# Ball winders



## featherbottoms (May 28, 2005)

I thought I'd ask here, and give it a couple days, before posting in the barter board or just buying new.

I am buying an umbrella swift this week (I'm getting a new Swedish but at the price of a used one, thank goodness). Unless someone can explain to me how to make neat balls of yarn, I think I also need a ball winder. Does anyone here have an extra they would sell reasonable? My alternative to finding a good used one is a 40% off coupon at Hobby Lobby, but I'd like to support one of you instead.

I did say that I'd not buy anymore yarn this year but I didn't say a word about tools to use while I learn weaving 

Thank you.

Deb.


----------



## Marchwind (May 10, 2002)

Cakes, balls, it winds the yarn into useable units that are fairly easily stored  I think 40% at Hobby Lobby is a darn great price. New they cost about $44. It is one of my most used and favorite tools, that and my swift


----------



## featherbottoms (May 28, 2005)

The one I'm looking at at Hobby Lobby is $75.99 and is the Boye Electric model. I can get it for $48.54 before tax but that includes shipping. I looked a bit at the ones on eBay that are hand powered, but most of those seem to be the kind that WIHH said to avoid. I also checked the wooden ones at Halcyon Yarn and they are out of my price range. If no one here has one by Thursday I will ask at the guild meeting and if that doesn't work I think there's a Hobby Lobby in Roswell that I can hit while I'm already there anyway. I'll just have to remember to print the coupon tomorrow. Hmmm, can you use the electric models manually??


----------



## frazzlehead (Aug 23, 2005)

I'd say that's a reasonable price for powered!
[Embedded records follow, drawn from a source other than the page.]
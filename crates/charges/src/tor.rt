// TOR: the smaller of supply and demand. A coordinator's TOR rows stand under resource 0.
ghost use Rattle.charges.specs.Charges.{tor};
ghost use Rattle.charges.specs.Running.{tor_figures};
ghost use Rattle.charges.specs.TorFacts.{tor_figures_bounded, tor_bounded};
ghost use Rattle.std.proofs.Common.{rules};

use crate::figures::Figures;
use crate::rule::ChargeRule;
use crate::walk::total_of;
use sheet::kind::Kind;
use sheet::pair::Pair;
use sheet::row::Row;
use sheet::sheet::Sheet;

// In kWh.
#[derive(Clone, Copy, Default)]
pub struct SupplyDemand {
    pub supply: u64,
    pub demand: u64,
}

impl Figures for SupplyDemand {
    ghost running = { tor_figures };

    ghost most = { 4000000 };

    ghost starts = { Prim.search rules };

    ghost low = { Prim.search rules };

    ghost bounded = { λ rs h. tor_figures_bounded rs h };

    fn add(&mut self, row: Row) {
        match row.kind() {
            Kind::TorSupply => self.supply += u64::from(row.quantity.unsigned_abs()),
            Kind::TorDemand => self.demand += u64::from(row.quantity.unsigned_abs()),
            _ => {}
        }
    }

    fn total(&self) -> u64 {
        self.supply.min(self.demand)
    }
}

#[derive(Clone, Copy, Default, PartialEq, Eq, Debug)]
pub struct Tor;

impl ChargeRule for Tor {
    ghost code = { λ x. 3 };

    ghost quantity = { λ x. tor };

    ghost code_low = { Prim.search rules };

    ghost bounded = { λ x. tor_bounded };

    fn tell_code(&self) -> u8 {
        3
    }

    fn tell_quantity(&self, sheet: Sheet<'_>, pair: Pair) -> u64 {
        if pair.resource != 0 {
            return 0;
        }
        100 * total_of::<SupplyDemand>(sheet, pair)
    }
}
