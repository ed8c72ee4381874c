// The walk over a pair's rows, for any figures.
ghost use Rattle.std.specs.Prelude.{◌≡◌, ◌+◌, ◌<◌, List};
ghost use Rattle.charges.specs.Running.{after, run, walk_at};
ghost use Rattle.sheet.specs.Rows.{PartIsByte, of_pair, pair_rows, row_at, row_count};
ghost use Rattle.sheet.specs.Sheets.{sheet_rows};
ghost use Rattle.sheet.specs.declared.row.Row.{Row};
ghost use Rattle.std.specs.List.{AllByRecursion};

use crate::figures::Figures;
use sheet::pair::Pair;
use sheet::sheet::Sheet;

// The running figures, the pair, and the next row of the sheet to read. It holds no iterator: a walk is lent the sheet at
// each of its calls, and has plain numbers beside its figures.
#[derive(Drop)]
pub struct Walk<F> {
    pub figures: F,
    pub pair: Pair,
    pub next: usize,
}

impl<F: Figures> Walk<F> {
    pub fn new(pair: Pair) -> Self
        ensures { (rs : List Row) → result ≡ walk_at F.Figures.running pair rs 0 }
    {
        Walk {
            figures: F::default(),
            pair,
            next: 0,
        }
    }

    // Reads one row, adds it if it is the pair's, and says whether it is.
    pub fn step(&mut self, sheet: Sheet<'_>) -> bool
        requires left { self.old.next < row_count sheet.bytes.now }
        requires begun { self.old ≡ walk_at F.Figures.running self.old.pair (sheet_rows sheet) self.old.next }
        ensures more { self.new ≡ walk_at F.Figures.running self.old.pair (sheet_rows sheet.entry) (self.old.next + 1) }
        ensures own { result ≡ of_pair self.old.pair.coordinator self.old.pair.resource (row_at sheet.entry.bytes.now self.old.next) }
        ensures part { PartIsByte (row_at sheet.entry.bytes.now self.old.next) }
    {
        let row = sheet.row(self.next);
        let own = row.is_of(self.pair);
        if own {
            self.figures.add(row);
        }
        self.next += 1;
        own
    }
}

// The walk over the pair's rows, which stand together since keys ascend.
pub fn walk_over<F: Figures + Drop>(sheet: Sheet<'_>, pair: Pair) -> Walk<F>
    ensures figures { result.figures ≡ after F.Figures.running (pair_rows pair.coordinator pair.resource (sheet_rows sheet.entry)) }
    ensures parts { AllByRecursion PartIsByte (sheet_rows sheet.entry) }
{
    let mut walk: Walk<F> = Walk::new(pair);
    walk.next = sheet.first_row(pair);
    for _i in walk.next..sheet.len() {
        if !walk.step(sheet) {
            break;
        }
    }
    walk
}

// What the figures of the pair's rows come to.
pub fn total_of<F: Figures + Drop>(sheet: Sheet<'_>, pair: Pair) -> u64
    ensures value { result ≡ run F.Figures.running (pair_rows pair.coordinator pair.resource (sheet_rows sheet.entry)) }
    ensures parts { AllByRecursion PartIsByte (sheet_rows sheet.entry) }
{
    let walk: Walk<F> = walk_over(sheet, pair);
    walk.figures.total()
}
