// The trade fee: each row of kind 40 is one trade side, at any quantity.
ghost use Rattle.charges.specs.Charges.{trade_fee};
ghost use Rattle.charges.specs.Running.{trade_figures};
ghost use Rattle.charges.specs.TradeFeeFacts.{trade_figures_bounded, trade_bounded};
ghost use Rattle.std.proofs.Common.{rules};

use crate::figures::Figures;
use crate::rule::ChargeRule;
use crate::walk::total_of;
use sheet::kind::Kind;
use sheet::pair::Pair;
use sheet::row::Row;
use sheet::sheet::Sheet;

#[derive(Clone, Copy, Default)]
pub struct TradeSides {
    pub sides: u64,
}

impl Figures for TradeSides {
    ghost running = { trade_figures };

    ghost most = { 1 };

    ghost starts = { Prim.search rules };

    ghost low = { Prim.search rules };

    ghost bounded = { λ rs h. trade_figures_bounded rs h };

    fn add(&mut self, row: Row) {
        if row.kind() == Kind::TradeSide {
            self.sides += 1;
        }
    }

    fn total(&self) -> u64 {
        self.sides
    }
}

#[derive(Clone, Copy, Default, PartialEq, Eq, Debug)]
pub struct TradeFee;

impl ChargeRule for TradeFee {
    ghost code = { λ x. 4 };

    ghost quantity = { λ x. trade_fee };

    ghost code_low = { Prim.search rules };

    ghost bounded = { λ x. trade_bounded };

    fn tell_code(&self) -> u8 {
        4
    }

    fn tell_quantity(&self, sheet: Sheet<'_>, pair: Pair) -> u64 {
        100_000 * total_of::<TradeSides>(sheet, pair)
    }
}
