// Figures by hour, by interval or by part: they start anew wherever that field of the key changes, and are summed.
ghost use Rattle.std.specs.Prelude.{◌≡◌, ℕ};
ghost use Rattle.charges.specs.Running.{grouped};
ghost use Rattle.sheet.specs.declared.row.Row.{Row};
ghost use Rattle.charges.specs.Splits.{group_bounded};
ghost use Rattle.std.proofs.Common.{rules};

use crate::figures::Figures;
use sheet::row::Row;
use std::marker::PhantomData;

// What the closed groups came to, the group at hand and its figures; K names the field.
#[derive(Drop)]
pub struct Group<F, K> {
    pub closed: u64,
    pub current: u8,
    pub inside: F,
    pub field: PhantomData<K>,
}

#[derive(Clone, Copy, Default, PartialEq, Eq, Debug)]
pub struct ByHour;

#[derive(Clone, Copy, Default, PartialEq, Eq, Debug)]
pub struct ByInterval;

#[derive(Clone, Copy, Default, PartialEq, Eq, Debug)]
pub struct ByPart;

// A field of the key, and its least value. Each has an impl, since only code can name a field.
pub trait Field {
    ghost of: { Row → ℕ };

    ghost LEAST: { ℕ };

    const LEAST: u8;

    fn value(row: Row) -> u8
        ensures { result ≡ of row };
}

impl Field for ByHour {
    ghost of = { λ r. r.key.hour };

    ghost LEAST = { 1 };

    const LEAST: u8 = 1;

    fn value(row: Row) -> u8 {
        row.key.hour
    }
}

impl Field for ByInterval {
    ghost of = { λ r. r.key.interval };

    ghost LEAST = { 0 };

    const LEAST: u8 = 0;

    fn value(row: Row) -> u8 {
        row.key.interval
    }
}

impl Field for ByPart {
    ghost of = { λ r. r.key.part };

    ghost LEAST = { 0 };

    const LEAST: u8 = 0;

    fn value(row: Row) -> u8 {
        row.key.part
    }
}

// By hand, since the field at hand is its least value at first.
impl<F: Figures, K: Field> Default for Group<F, K> {
    ghost is_default = { λ g. g ≡ (grouped K.Field.of K.Field.LEAST F.Figures.running).start };

    fn default() -> Self {
        Group {
            closed: 0,
            current: K::LEAST,
            inside: F::default(),
            field: PhantomData,
        }
    }
}

impl<F: Figures + Drop, K: Field> Figures for Group<F, K> {
    ghost running = { grouped K.Field.of K.Field.LEAST F.Figures.running };

    ghost most = { F.Figures.most };

    ghost starts = { Prim.search rules };

    ghost low = { Prim.search rules };

    ghost bounded = { λ rs h. group_bounded _ F.Figures.running F.Figures.most F.Figures.bounded K.Field.of K.Field.LEAST rs h };

    fn add(&mut self, row: Row) {
        let value = K::value(row);
        if value != self.current {
            self.closed += self.inside.total();
            self.current = value;
            self.inside = F::default();
        }
        self.inside.add(row);
    }

    fn total(&self) -> u64 {
        self.closed + self.inside.total()
    }
}
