// A charge rule: a code, and a charge quantity for each coordinator, resource and list of the pair's rows.
// The sheet and the pair are two parameters all the way, since one sheet is asked for many pairs. Clauses on a rule say
// `meaning (R.code ..) (R.quantity ..)` each time, since a definition cannot name a bound's members.
// The five charges have an impl each and share `total_of`: one impl for all would need a law for what the figures arrive
// at, whose proof would have to stand among the definitions.
ghost use Rattle.std.specs.Prelude.{◌≡◌, ℕ, ◌<◌, List};
ghost use Rattle.charges.specs.Rules.{Bounded};
ghost use Rattle.sheet.specs.Rows.{pair_rows};
ghost use Rattle.sheet.specs.Sheets.{sheet_rows};
ghost use Rattle.sheet.specs.declared.row.Row.{Row};

use sheet::pair::Pair;
use sheet::sheet::Sheet;

pub trait ChargeRule {
    ghost code: { Self → ℕ };

    ghost quantity: { Self → ℕ → ℕ → List Row → ℕ };

    // A number, since anyone may write a rule: a book posts by codes below 16.
    fn tell_code(&self) -> u8
        ensures { result ≡ code self.now };

    fn tell_quantity(&self, sheet: Sheet<'_>, pair: Pair) -> u64
        ensures { result ≡ quantity self.now pair.coordinator pair.resource (pair_rows pair.coordinator pair.resource (sheet_rows sheet.entry)) };

    ghost code_low: { (x : Self) → code x < 16 };

    ghost bounded: { (x : Self) → Bounded (quantity x) };
}
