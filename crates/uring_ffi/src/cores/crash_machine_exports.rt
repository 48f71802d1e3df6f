//! The calls of a machine whose power may fail that C makes: `wulgach_crash_machine_..` of the header.
//!
//! Each returns 0, or the negative of an error number: -9 (EBADF) exactly at an empty place.
ghost use Rattle.std.specs.Prelude.{◌≡◌, ◌↔◌, ◌-◌, true, false, [], List, pos, neg_ℤ, None, IsSome, IfSome, IsSomeAnd, MatchOption, slice_get, length};
ghost use Rattle.uring_entry.specs.Completions.{unreaped};
ghost use Rattle.uring_entry.specs.Requests.{operation_running};
ghost use Rattle.uring_entry.specs.declared.errno.TheConstants.{EBADF, EFBIG, EINVAL, ENOENT, ENOMEM};
ghost use Rattle.uring_files.specs.Operations.{state_of, byte_of};
ghost use Rattle.uring_rules.specs.Rules.{issuables_of};
ghost use Rattle.uring_core.specs.World.{requests_of};
ghost use Rattle.uring_core.specs.Core.{FitsApart, IsCounts};
ghost use Rattle.uring_core.specs.Histories.{History, world};
ghost use Rattle.uring_crash_machine.specs.Asked.{log_at, is_safe_of};
ghost use Rattle.uring_crash_machine.specs.Epochs.{Epoch, FitsRun, files_from};
ghost use Rattle.uring_ffi_values.specs.Machines.Crashing.{IsNoStart, AreShort, BeginsOn, TellsStepOn, GoesOn, IsFoldedMachine, IsLostFrom};
ghost use Rattle.uring_crash_machine.specs.Logs.{AreWhollyFolded};
ghost use Rattle.uring_ffi_values.specs.CoreWords.Cuts as spec;
ghost use Rattle.uring_ffi_values.specs.CoreWords.OperationForm.{words_of_operation};
ghost use Rattle.uring_ffi_values.specs.Boxes.Places.{crash_machine_in};
ghost use Rattle.uring_ffi_values.specs.CoreWords.ReadingForms.{words_of_completion, counts_told, words_of_state};
ghost use Rattle.uring_core.specs.StepForm.{step_of};
ghost use Rattle.uring_ffi_values.specs.declared.machines.crash_machine_memory.TheConstants.{ENOTRECOVERABLE};

use std::alloc::Global;
use uring_core::StepWords;
use uring_entry::errno;
use uring_ffi_values::answer_words::AnswerWords;
use uring_ffi_values::completion_words::{CompletionWords, completion_words};
use uring_ffi_values::count_words::{CountWords, count_words};
use uring_ffi_values::crash_machine_memory::{
    crash_machine_crash_in, crash_machine_fold_in, crash_machine_on_in, crash_machine_step_in,
    refusal_of_file,
};
use uring_ffi_values::crash_machine_place::CrashMachinePlace;
use uring_ffi_values::operation_words::{OperationWords, operation_words};
use uring_ffi_values::set_up_words::SetupWords;
use uring_ffi_values::state_words::{StateWords, state_words};
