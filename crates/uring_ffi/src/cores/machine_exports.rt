//! The calls of a machine that C makes: `wulgach_machine_..` of the header.
//!
//! Each returns 0, or the negative of an error number: -9 (EBADF) exactly at an empty place.
ghost use Rattle.std.specs.Prelude.{◌≡◌, ◌↔◌, [], pos, neg_ℤ, None, IsSome, IfSome, IsSomeAnd, MatchOption, slice_get, length};
ghost use Rattle.uring_entry.specs.Completions.{unreaped};
ghost use Rattle.uring_entry.specs.Requests.{least_of, operation_running};
ghost use Rattle.uring_entry.specs.declared.errno.TheConstants.{EBADF, EINVAL, ENOENT, ENOMEM};
ghost use Rattle.uring_rules.specs.Rules.{issuables_of, issuable_from, why_of};
ghost use Rattle.uring_core.specs.World.{requests_of};
ghost use Rattle.uring_core.specs.Core.{IsCounts};
ghost use Rattle.uring_core.specs.CalledFor.{files_of};
ghost use Rattle.uring_core.specs.Histories.{History, world};
ghost use Rattle.uring_machine.specs.Machine.{Fits};
ghost use Rattle.uring_files.specs.Operations.{state_of, byte_of};
ghost use Rattle.uring_ffi_values.specs.CoreWords.OperationForm.{words_of_operation};
ghost use Rattle.uring_ffi_values.specs.Boxes.Places.{machine_in};
ghost use Rattle.uring_ffi_values.specs.CoreWords.ReadingForms.{words_of_completion, counts_told, words_of_state};
ghost use Rattle.uring_ffi_values.specs.CoreWords.SetUps.{IsAskedFor, IsRefused};
ghost use Rattle.uring_core.specs.StepForm.{step_of};
ghost use Rattle.uring_ffi_values.specs.CoreWords.WhyForm.{words_of_why};
ghost use Rattle.uring_ffi_values.specs.Cores.Stepping.{TellsStep};

use std::alloc::Global;
use uring_core::StepWords;
use uring_entry::errno;
use uring_ffi_values::answer_words::AnswerWords;
use uring_ffi_values::completion_words::{CompletionWords, completion_words};
use uring_ffi_values::count_words::{CountWords, count_words};
use uring_ffi_values::machine_memory::{machine_new_in, machine_step_in};
use uring_ffi_values::machine_place::MachinePlace;
use uring_ffi_values::operation_words::{OperationWords, operation_words};
use uring_ffi_values::set_up_words::SetupWords;
use uring_ffi_values::state_words::{StateWords, state_words};
use uring_ffi_values::why_words::{WhyWords, why_words};

/// Puts a new machine into a place; what was there is freed. -22 (EINVAL) exactly if the set-up is refused; -12 (ENOMEM) if memory is. Then the place keeps what it had.
#[unsafe(no_mangle)]
pub extern "C" fn wulgach_machine_new(
    alloc: Global,
    place: &mut MachinePlace,
    setup: &SetupWords,
) -> i32
    ensures refused { (result ≡ neg_ℤ EINVAL) ↔ IsRefused setup.now }
    ensures results { (result ≡ pos 0 → ⊥) → (result ≡ neg_ℤ EINVAL → ⊥) → result ≡ neg_ℤ ENOMEM }
    ensures kept { (result ≡ pos 0 → ⊥) → machine_in place.new ≡ machine_in place.old }
    ensures made { result ≡ pos 0
        → IsSomeAnd (machine_in place.new)
        (λ machine. IsAskedFor setup.now machine.core.setup × Fits machine []) }
{
    machine_new_in(&alloc, alloc, place, setup)
}

/// Makes one step, and writes its answer. -22 (EINVAL) exactly if the words give no step. A refusal changes nothing.
#[unsafe(no_mangle)]
pub extern "C" fn wulgach_machine_step(
    alloc: Global,
    place: &mut MachinePlace,
    step: &StepWords,
    answer: &mut AnswerWords,
) -> i32
    ensures empty { (result ≡ neg_ℤ EBADF) ↔ (machine_in place.old ≡ None) }
    ensures no_step { (result ≡ neg_ℤ EINVAL)
        ↔ (IsSome (machine_in place.old) × (step_of step.now ≡ None)) }
    ensures kept { (result ≡ pos 0 → ⊥)
        → (machine_in place.new ≡ machine_in place.old) × (answer.new ≡ answer.old) }
    ensures made { IsSome (machine_in place.old)
        → IfSome (step_of step.now)
        (λ s. (result ≡ pos 0)
        × TellsStep s (machine_in place.old) (machine_in place.new) answer.new) }
{
    machine_step_in(&alloc, alloc, place, step, answer)
}

/// Writes how far a machine has come.
#[unsafe(no_mangle)]
pub extern "C" fn wulgach_machine_counts(
    alloc: Global,
    place: &mut MachinePlace,
    counts: &mut CountWords,
) -> i32
    ensures empty { (result ≡ neg_ℤ EBADF) ↔ (machine_in place.old ≡ None) }
    ensures kept { machine_in place.new ≡ machine_in place.old }
    ensures refused { machine_in place.old ≡ None → counts.new ≡ counts.old }
    ensures counts { IfSome (machine_in place.old)
        (λ machine. (result ≡ pos 0)
        × ((h : History) → Fits machine h → IsCounts (world machine.core.setup h) (counts_told counts.new))) }
{
    if !place.is_full {
        return -errno::EBADF;
    }
    *counts = count_words(&place.counts(alloc));
    0
}

/// Writes the completion at this place, from 0, among those that are posted and not reaped, the oldest first. -2 (ENOENT) past the last.
#[unsafe(no_mangle)]
pub extern "C" fn wulgach_machine_rest(
    alloc: Global,
    place: &mut MachinePlace,
    index: u64,
    completion: &mut CompletionWords,
) -> i32
    ensures empty { (result ≡ neg_ℤ EBADF) ↔ (machine_in place.old ≡ None) }
    ensures kept { machine_in place.new ≡ machine_in place.old }
    ensures refused { machine_in place.old ≡ None → completion.new ≡ completion.old }
    ensures completion { IfSome (machine_in place.old)
        (λ machine. (h : History) → Fits machine h
        → MatchOption (slice_get (unreaped (world machine.core.setup h).completions) index) ((result ≡ neg_ℤ ENOENT) × (completion.new ≡ completion.old)) (λ c. (result ≡ pos 0) × (completion.new ≡ words_of_completion c))) }
{
    if !place.is_full {
        return -errno::EBADF;
    }
    let Some(found) = place.rest(alloc, index) else {
        return -errno::ENOENT;
    };
    *completion = completion_words(&found);
    0
}

/// Writes the least outstanding request. -2 (ENOENT) if nothing is outstanding.
#[unsafe(no_mangle)]
pub extern "C" fn wulgach_machine_least(
    alloc: Global,
    place: &mut MachinePlace,
    number: &mut u64,
) -> i32
    ensures empty { (result ≡ neg_ℤ EBADF) ↔ (machine_in place.old ≡ None) }
    ensures kept { machine_in place.new ≡ machine_in place.old }
    ensures refused { machine_in place.old ≡ None → number.new ≡ number.old }
    ensures least { IfSome (machine_in place.old)
        (λ machine. (h : History) → Fits machine h
        → MatchOption (least_of (world machine.core.setup h).requests) ((result ≡ neg_ℤ ENOENT) × (number.new ≡ number.old)) (λ least. (result ≡ pos 0) × (number.new ≡ least))) }
{
    if !place.is_full {
        return -errno::EBADF;
    }
    let Some(found) = place.least(alloc) else {
        return -errno::ENOENT;
    };
    *number = found;
    0
}

/// Writes the operation of a running request. -2 (ENOENT) if it isn't running.
#[unsafe(no_mangle)]
pub extern "C" fn wulgach_machine_running_op(
    alloc: Global,
    place: &mut MachinePlace,
    number: u64,
    operation: &mut OperationWords,
) -> i32
    ensures empty { (result ≡ neg_ℤ EBADF) ↔ (machine_in place.old ≡ None) }
    ensures kept { machine_in place.new ≡ machine_in place.old }
    ensures refused { machine_in place.old ≡ None → operation.new ≡ operation.old }
    ensures operation { IfSome (machine_in place.old)
        (λ machine. (h : History) → Fits machine h
        → MatchOption (operation_running (world machine.core.setup h).requests number) ((result ≡ neg_ℤ ENOENT) × (operation.new ≡ operation.old)) (λ op. (result ≡ pos 0) × (operation.new ≡ words_of_operation op))) }
{
    if !place.is_full {
        return -errno::EBADF;
    }
    let Some(found) = place.running_op(alloc, number) else {
        return -errno::ENOENT;
    };
    *operation = operation_words(&found);
    0
}

/// Writes how the file of a descriptor stands. -2 (ENOENT) if there is no such file.
#[unsafe(no_mangle)]
pub extern "C" fn wulgach_machine_state(
    alloc: Global,
    place: &mut MachinePlace,
    fd: i32,
    state: &mut StateWords,
) -> i32
    ensures empty { (result ≡ neg_ℤ EBADF) ↔ (machine_in place.old ≡ None) }
    ensures kept { machine_in place.new ≡ machine_in place.old }
    ensures refused { machine_in place.old ≡ None → state.new ≡ state.old }
    ensures state { IfSome (machine_in place.old)
        (λ machine. (h : History) → Fits machine h
        → MatchOption (state_of (files_of machine.core.setup (world machine.core.setup h)) fd) ((result ≡ neg_ℤ ENOENT) × (state.new ≡ state.old)) (λ s. (result ≡ pos 0) × (state.new ≡ words_of_state s))) }
{
    if !place.is_full {
        return -errno::EBADF;
    }
    let Some(found) = place.state(alloc, fd) else {
        return -errno::ENOENT;
    };
    *state = state_words(&found);
    0
}

/// Writes the byte at an offset of the file of a descriptor. -2 (ENOENT) if there is no such file, or the offset isn't below its length.
#[unsafe(no_mangle)]
pub extern "C" fn wulgach_machine_byte(
    alloc: Global,
    place: &mut MachinePlace,
    fd: i32,
    at: u64,
    byte: &mut u8,
) -> i32
    ensures empty { (result ≡ neg_ℤ EBADF) ↔ (machine_in place.old ≡ None) }
    ensures kept { machine_in place.new ≡ machine_in place.old }
    ensures refused { machine_in place.old ≡ None → byte.new ≡ byte.old }
    ensures byte { IfSome (machine_in place.old)
        (λ machine. (h : History) → Fits machine h
        → MatchOption (byte_of (files_of machine.core.setup (world machine.core.setup h)) fd at) ((result ≡ neg_ℤ ENOENT) × (byte.new ≡ byte.old)) (λ b. (result ≡ pos 0) × (byte.new ≡ b))) }
{
    if !place.is_full {
        return -errno::EBADF;
    }
    let Some(found) = place.byte(alloc, fd, at) else {
        return -errno::ENOENT;
    };
    *byte = found;
    0
}

/// Writes the least request from this number on, any number, that can be issued. -2 (ENOENT) if there is none.
#[unsafe(no_mangle)]
pub extern "C" fn wulgach_machine_next_issuable(
    alloc: Global,
    place: &mut MachinePlace,
    from: u64,
    number: &mut u64,
) -> i32
    ensures empty { (result ≡ neg_ℤ EBADF) ↔ (machine_in place.old ≡ None) }
    ensures kept { machine_in place.new ≡ machine_in place.old }
    ensures refused { machine_in place.old ≡ None → number.new ≡ number.old }
    ensures next { IfSome (machine_in place.old)
        (λ machine. (h : History) → Fits machine h
        → MatchOption (issuable_from machine.core.setup.linux (requests_of (world machine.core.setup h)) from) ((result ≡ neg_ℤ ENOENT) × (number.new ≡ number.old)) (λ next. (result ≡ pos 0) × (number.new ≡ next))) }
{
    if !place.is_full {
        return -errno::EBADF;
    }
    let Some(found) = place.next_issuable(alloc, from) else {
        return -errno::ENOENT;
    };
    *number = found;
    0
}

/// Writes how many requests can be issued.
#[unsafe(no_mangle)]
pub extern "C" fn wulgach_machine_issuable(
    alloc: Global,
    place: &mut MachinePlace,
    count: &mut u64,
) -> i32
    ensures empty { (result ≡ neg_ℤ EBADF) ↔ (machine_in place.old ≡ None) }
    ensures kept { machine_in place.new ≡ machine_in place.old }
    ensures refused { machine_in place.old ≡ None → count.new ≡ count.old }
    ensures count { IfSome (machine_in place.old)
        (λ machine. (result ≡ pos 0)
        × ((h : History) → Fits machine h → count.new ≡ length (issuables_of machine.core.setup.linux (requests_of (world machine.core.setup h))))) }
{
    if !place.is_full {
        return -errno::EBADF;
    }
    *count = place.issuable(alloc);
    0
}

/// Writes the request at this place, from 0, among those that can be issued, in the order of their numbers. -2 (ENOENT) past the last.
#[unsafe(no_mangle)]
pub extern "C" fn wulgach_machine_nth_issuable(
    alloc: Global,
    place: &mut MachinePlace,
    index: u64,
    number: &mut u64,
) -> i32
    ensures empty { (result ≡ neg_ℤ EBADF) ↔ (machine_in place.old ≡ None) }
    ensures kept { machine_in place.new ≡ machine_in place.old }
    ensures refused { machine_in place.old ≡ None → number.new ≡ number.old }
    ensures nth { IfSome (machine_in place.old)
        (λ machine. (h : History) → Fits machine h
        → MatchOption (slice_get (issuables_of machine.core.setup.linux (requests_of (world machine.core.setup h))) index) ((result ≡ neg_ℤ ENOENT) × (number.new ≡ number.old)) (λ found. (result ≡ pos 0) × (number.new ≡ found))) }
{
    if !place.is_full {
        return -errno::EBADF;
    }
    let Some(found) = place.nth_issuable(alloc, index) else {
        return -errno::ENOENT;
    };
    *number = found;
    0
}

/// Writes why a request, of any number, stands as it does.
#[unsafe(no_mangle)]
pub extern "C" fn wulgach_machine_why(
    alloc: Global,
    place: &mut MachinePlace,
    number: u64,
    why: &mut WhyWords,
) -> i32
    ensures empty { (result ≡ neg_ℤ EBADF) ↔ (machine_in place.old ≡ None) }
    ensures kept { machine_in place.new ≡ machine_in place.old }
    ensures refused { machine_in place.old ≡ None → why.new ≡ why.old }
    ensures why { IfSome (machine_in place.old)
        (λ machine. (result ≡ pos 0)
        × ((h : History) → Fits machine h → why.new ≡ words_of_why (why_of machine.core.setup.linux (requests_of (world machine.core.setup h)) number))) }
{
    if !place.is_full {
        return -errno::EBADF;
    }
    *why = why_words(place.why(alloc, number));
    0
}

/// Frees the machine of a place, which is empty from then on.
#[unsafe(no_mangle)]
pub extern "C" fn wulgach_machine_free(alloc: Global, place: &mut MachinePlace) -> i32
    ensures empty { (result ≡ neg_ℤ EBADF) ↔ (machine_in place.old ≡ None) }
    ensures freed { machine_in place.new ≡ None }
    ensures done { IsSome (machine_in place.old) → result ≡ pos 0 }
{
    if !place.is_full {
        return -errno::EBADF;
    }
    *place = MachinePlace::empty(alloc);
    0
}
The Royal ball winder is plastic, but holds up fairly well. It's about $50, I think, and worth it. The wooden ones are awesome ... but yeah, yowzers!


----------



## lathermaker (May 7, 2010)

I have had my Royal ball winder for about 8? years. There's a lot of plastic in it....but it's still going strong. I think I paid around $30 at the time....gads, around here they are twice that much now!

With the coupon, the Hobby Lobby one sounds like a pretty good deal.


----------



## Big Dave (Feb 5, 2006)

OK so this weekend I learned to roll my stuff up on a stick. I confiscated a smooth round handled spoon fron DW wooden kitchen utinsels and have wound my new balls of yarn on them and put them in mason jars. Am I hickey???


----------



## frazzlehead (Aug 23, 2005)

Nope, you are talented!

The Official Name for a "stick you wind yarn onto" is *nostepinne*.


----------



## Marchwind (May 10, 2002)

I had my first Royal winder for about 20 years. One of the little feet on the base broke so it was difficult to clamp onto anything and have stay put. I bought a new one. If you want my old one you are welcome to it, I think I still have it. If you have someone clever in your life that could jury rig a new base for you. It still works great!


----------



## featherbottoms (May 28, 2005)

Marchwind said:


> I had my first Royal winder for about 20 years. One of the little feet on the base broke so it was difficult to clamp onto anything and have stay put. I bought a new one. If you want my old one you are welcome to it, I think I still have it. If you have someone clever in your life that could jury rig a new base for you. It still works great!



Thank you. Husband says he will give fixing it a try. I'll send you a pm.


----------



## weever (Oct 1, 2006)

I love this forum.


----------